Supreme Court, Appellate Division, Second Department, New York.
Dec 9, 2015
134 A.D.3d 792 (N.Y. App. Div. 2015)

Opinion

2015-01638 Index No. 700319/14.

12-09-2015

Walid RAACH, et al., appellants, v. SLSJET MANAGEMENT CORP., also known as Yellow Cab SLSJET Management Corp., respondent.

David Abrams, New York, N.Y., for appellants.
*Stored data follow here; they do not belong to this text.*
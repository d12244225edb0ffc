// How far the connections of a serving and the calls of its keeper have come. They tell it each
// other, so that one can wait for another.
use std::alloc::{AllocError, Global};
use std::sync::{Mutex, Wait};
use std::thread;
use std::time::{Clock, Duration};

/// How often a wait looks at most.
const MOST_TURNS: u32 = 10_000;

/// How long a wait pauses after each look.
const PAUSE_MILLISECONDS: u64 = 1;

/// How far something has to come.
#[derive(Clone, Copy)]
pub struct Milestone {
    /// Whose steps count: the place of a connection, from 0, or that of the keeper behind them.
    pub place: usize,
    /// How many steps it has to have made.
    pub steps: u32,
}

/// What one connection has written. A reply that begins is a step; of a keeper, a call.
#[derive(Drop)]
struct Trace {
    written: Vec<u8>,
    steps: u32,
}

impl Trace {
    fn step(&mut self) {
        self.steps = self.steps.saturating_add(1);
    }

    fn put(&mut self, piece: &[u8]) -> Result<(), AllocError> {
        self.written.extend_from_slice(piece)?;
        if piece.starts_with(b"HTTP/") {
            self.step();
        }
        Ok(())
    }
}

/// What all connections have written, how far the keeper is, and which texts gate and keepers were
/// given.
#[derive(Drop)]
pub struct Traces {
    list: Vec<Trace>,
    given: String,
}

impl Traces {
    /// Nothing yet, at so many places.
    pub fn new(alloc: Global, places: usize) -> Result<Traces, AllocError> {
        let mut list = Vec::new(alloc);
        for _ in 0..places {
            list.push(Trace {
                written: Vec::new(alloc),
                steps: 0,
            })?;
        }
        Ok(Traces {
            list,
            given: String::new(alloc),
        })
    }

    /// Notes who was given a text, and the text.
    fn note(&mut self, who: &str, text: &str) -> Result<(), AllocError> {
        let between = if self.given.is_empty() { "" } else { ", " };
        write!(self.given, "{between}{who} {text}")
    }

    /// Counts a step.
    fn step(&mut self, place: usize) {
        if let Some(trace) = self.list.get_mut(place) {
            trace.step();
        }
    }

    /// Puts a piece of what a connection writes.
    fn put(&mut self, place: usize, piece: &[u8]) -> Result<(), AllocError> {
        match self.list.get_mut(place) {
            Some(trace) => trace.put(piece),
            None => Ok(()),
        }
    }

    /// A copy of who was given which text.
    fn given(&self, alloc: Global) -> Result<String, AllocError> {
        String::from_str(alloc, self.given.as_str())
    }

    fn has_come(&self, wanted: Milestone) -> bool {
        match self.list.get(wanted.place) {
            Some(trace) => wanted.steps <= trace.steps,
            None => false,
        }
    }

    /// A copy of what a connection has written.
    fn written(&self, alloc: Global, place: usize) -> Result<Vec<u8>, AllocError> {
        match self.list.get(place) {
            Some(trace) => trace.written.as_slice().to_vec(alloc),
            None => Ok(Vec::new(alloc)),
        }
    }
}

/// How far all have come, for any of them.
#[derive(Drop)]
pub struct Progress<'a, W: Wait + Clock> {
    rt: &'a W,
    traces: &'a Mutex<Traces>,
}

impl<'a, W: Wait + Clock> Progress<'a, W> {
    /// The progress that these traces have. `rt` is what it waits by.
    pub fn new(rt: &'a W, traces: &'a Mutex<Traces>) -> Progress<'a, W> {
        Progress { rt, traces }
    }

    /// Counts a step.
    pub fn step(&self, place: usize) {
        self.traces.lock(self.rt).step(place)
    }

    /// Puts a piece of what a connection writes. One that begins a reply is a step of it.
    pub fn put(&self, place: usize, piece: &[u8]) -> Result<(), AllocError> {
        self.traces.lock(self.rt).put(place, piece)
    }

    /// A copy of what a connection has written.
    pub fn written(&self, alloc: Global, place: usize) -> Result<Vec<u8>, AllocError> {
        self.traces.lock(self.rt).written(alloc, place)
    }

    /// Notes who was given a text, and the text.
    pub fn note(&self, who: &str, text: &str) -> Result<(), AllocError> {
        self.traces.lock(self.rt).note(who, text)
    }

    /// Who was given which text, in the order in which they were.
    pub fn given(&self, alloc: Global) -> Result<String, AllocError> {
        self.traces.lock(self.rt).given(alloc)
    }

    fn has_come(&self, wanted: Milestone) -> bool {
        self.traces.lock(self.rt).has_come(wanted)
    }

    /// Waits until so many steps are made, and says whether they were. It looks 10,000 times at
    /// most, and pauses for a millisecond after each look.
    pub fn wait_for(&self, wanted: Milestone) -> bool {
        for _ in 0..MOST_TURNS {
            if self.has_come(wanted) {
                return true;
            }
            thread::sleep(self.rt, Duration::from_millis(PAUSE_MILLISECONDS));
        }
        false
    }
}
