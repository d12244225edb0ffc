// Entries as JSON, and stored rows.
use case_tables::{CaseFault, TableFiles, bytes_of, cell, text_in};
use edit_entries::Entry;
use edit_json::{EntryFault, Row, RowFault, entry_text, read_entry, read_row, row_text};
use std::alloc::Global;

/// The pointer of a fault behind its name.
fn refused(alloc: Global, pointer: &str) -> Result<String, CaseFault> {
    if pointer.is_empty() {
        return Ok(String::from_str(alloc, "BadEdit")?);
    }
    Ok(format!(in alloc; "BadEdit {pointer}")?)
}

/// Whether a text is read as this entry.
fn is_read_back(alloc: Global, text: &[u8], entry: &Entry) -> Result<bool, CaseFault> {
    match read_entry(alloc, text) {
        Ok(again) => {
            let is_same = again == *entry;
            drop(again);
            Ok(is_same)
        }
        Err(EntryFault::BadEdit { .. }) => Ok(false),
        Err(EntryFault::NoMemory) => Err(CaseFault::NoMemory),
    }
}

/// The one spelling of an entry, which has to be read back.
fn written(alloc: Global, entry: &Entry) -> Result<String, CaseFault> {
    let text = entry_text(alloc, entry)?;
    if !is_read_back(alloc, text.as_slice(), entry)? {
        return Ok(String::from_str(alloc, "another entry")?);
    }
    text_in(alloc, text.as_slice())
}

/// What a body is read as.
fn told(alloc: Global, body: &[u8]) -> Result<String, CaseFault> {
    match read_entry(alloc, body) {
        Ok(entry) => {
            let text = written(alloc, &entry);
            drop(entry);
            text
        }
        Err(EntryFault::BadEdit { pointer }) => refused(alloc, pointer.as_str()),
        Err(EntryFault::NoMemory) => Err(CaseFault::NoMemory),
    }
}

/// A body of these bytes, or of those of the file that `@NAME` names.
pub fn body(alloc: Global, cells: &[&str], files: &TableFiles) -> Result<String, CaseFault> {
    match cell(cells, 0).strip_prefix('@') {
        Some(name) => told(alloc, files.find(name)?),
        None => told(alloc, bytes_of(alloc, cell(cells, 0))?.as_slice()),
    }
}

/// The first entry of ann, with this edit.
pub fn edit(alloc: Global, cells: &[&str]) -> Result<String, CaseFault> {
    let mut body = b"{\"session\":\"ann\",\"number\":1,\"base\":0,\"edit\":".to_vec(alloc)?;
    let edit = bytes_of(alloc, cell(cells, 0))?;
    body.extend_from_slice(edit.as_slice())?;
    body.push(b'}')?;
    told(alloc, body.as_slice())
}

/// Whether a text is read as the row of version 2 of this entry.
fn is_row_read_back(alloc: Global, text: &[u8], entry: &Entry) -> Result<bool, CaseFault> {
    match read_row(alloc, text) {
        Ok(row) => {
            let is_same = row.version == 2 && row.entry == *entry;
            drop(row);
            Ok(is_same)
        }
        Err(RowFault::BadRow) => Ok(false),
        Err(RowFault::NoMemory) => Err(CaseFault::NoMemory),
    }
}

/// The spelling of a row in version 2, which has to be read back, behind the version that it has.
fn written_row(alloc: Global, row: &Row) -> Result<String, CaseFault> {
    let text = row_text(alloc, &row.entry)?;
    if !is_row_read_back(alloc, text.as_slice(), &row.entry)? {
        return Ok(String::from_str(alloc, "another row")?);
    }
    let text = text_in(alloc, text.as_slice())?;
    Ok(format!(in alloc; "{} {}", row.version, text.as_str())?)
}

/// A stored row of these bytes: its version, and its entry as a row of version 2.
pub fn row(alloc: Global, cells: &[&str]) -> Result<String, CaseFault> {
    match read_row(alloc, bytes_of(alloc, cell(cells, 0))?.as_slice()) {
        Ok(row) => {
            let text = written_row(alloc, &row);
            drop(row);
            text
        }
        Err(RowFault::BadRow) => Ok(String::from_str(alloc, "BadRow")?),
        Err(RowFault::NoMemory) => Err(CaseFault::NoMemory),
    }
}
Herrick, Feinstein LLP, New York, N.Y. (Chantelle L. Aris and Susan T. Dwyer of counsel), for respondent.


David Abrams, New York, N.Y., for appellants.

Herrick, Feinstein LLP, New York, N.Y. (Chantelle L. Aris and Susan T. Dwyer of counsel), for respondent.

Opinion

In an action to recover damages for breach of contract, the plaintiffs appeal, as limited by their brief, from so much of an order of the Supreme Court, Queens County (Weiss, J.), dated November 25, 2014, as granted those branches of the defendant's motion which were, in effect, pursuant to CPLR 3211(a)(1) and (7) to dismiss so much of the complaint as alleged breach of contract based upon the defendant's alleged improper retention of monies in excess of the applicable daily lease rate as set forth in the parties' lease agreements and based upon alleged violations of certain provisions of the parties' lease agreements governing the imposition of late fees.

ORDERED that the order is reversed insofar as appealed from, on the law, with costs, and those branches of the defendant's motion which were, in effect, pursuant to CPLR 3211(a)(1) and (7) to dismiss so much of the complaint as alleged breach of contract based upon the defendant's alleged improper retention of monies in excess of the applicable daily lease rate as set forth in the parties' lease agreements and based upon alleged violations of certain provisions of the parties' lease agreements governing the imposition of late fees are denied.

The plaintiffs were taxicab drivers who leased cars and taxi medallions from the defendant. The plaintiffs commenced this action against the defendant to recover damages for breach of contract. In the complaint, the plaintiffs alleged that the defendant breached certain daily lease agreements by improperly retaining monies in excess of the applicable daily lease rate as set forth in the agreements and by failing to comply with certain provisions of the agreements governing the imposition of late fees.

The defendant moved pursuant to CPLR 3211(a) to dismiss the complaint. The Supreme Court, inter alia, granted those branches of the defendant's motion which were, in effect, pursuant to CPLR 3211(a)(1) and (7) to dismiss so much of the complaint as alleged breach of contract based upon the defendant's alleged improper retention of monies in excess of the applicable daily lease rate as set forth in the parties' lease agreements and based upon alleged violations of certain provisions of the lease agreements governing the imposition of late fees. The plaintiffs appeal from those portions of the order. We reverse the order insofar as appealed from.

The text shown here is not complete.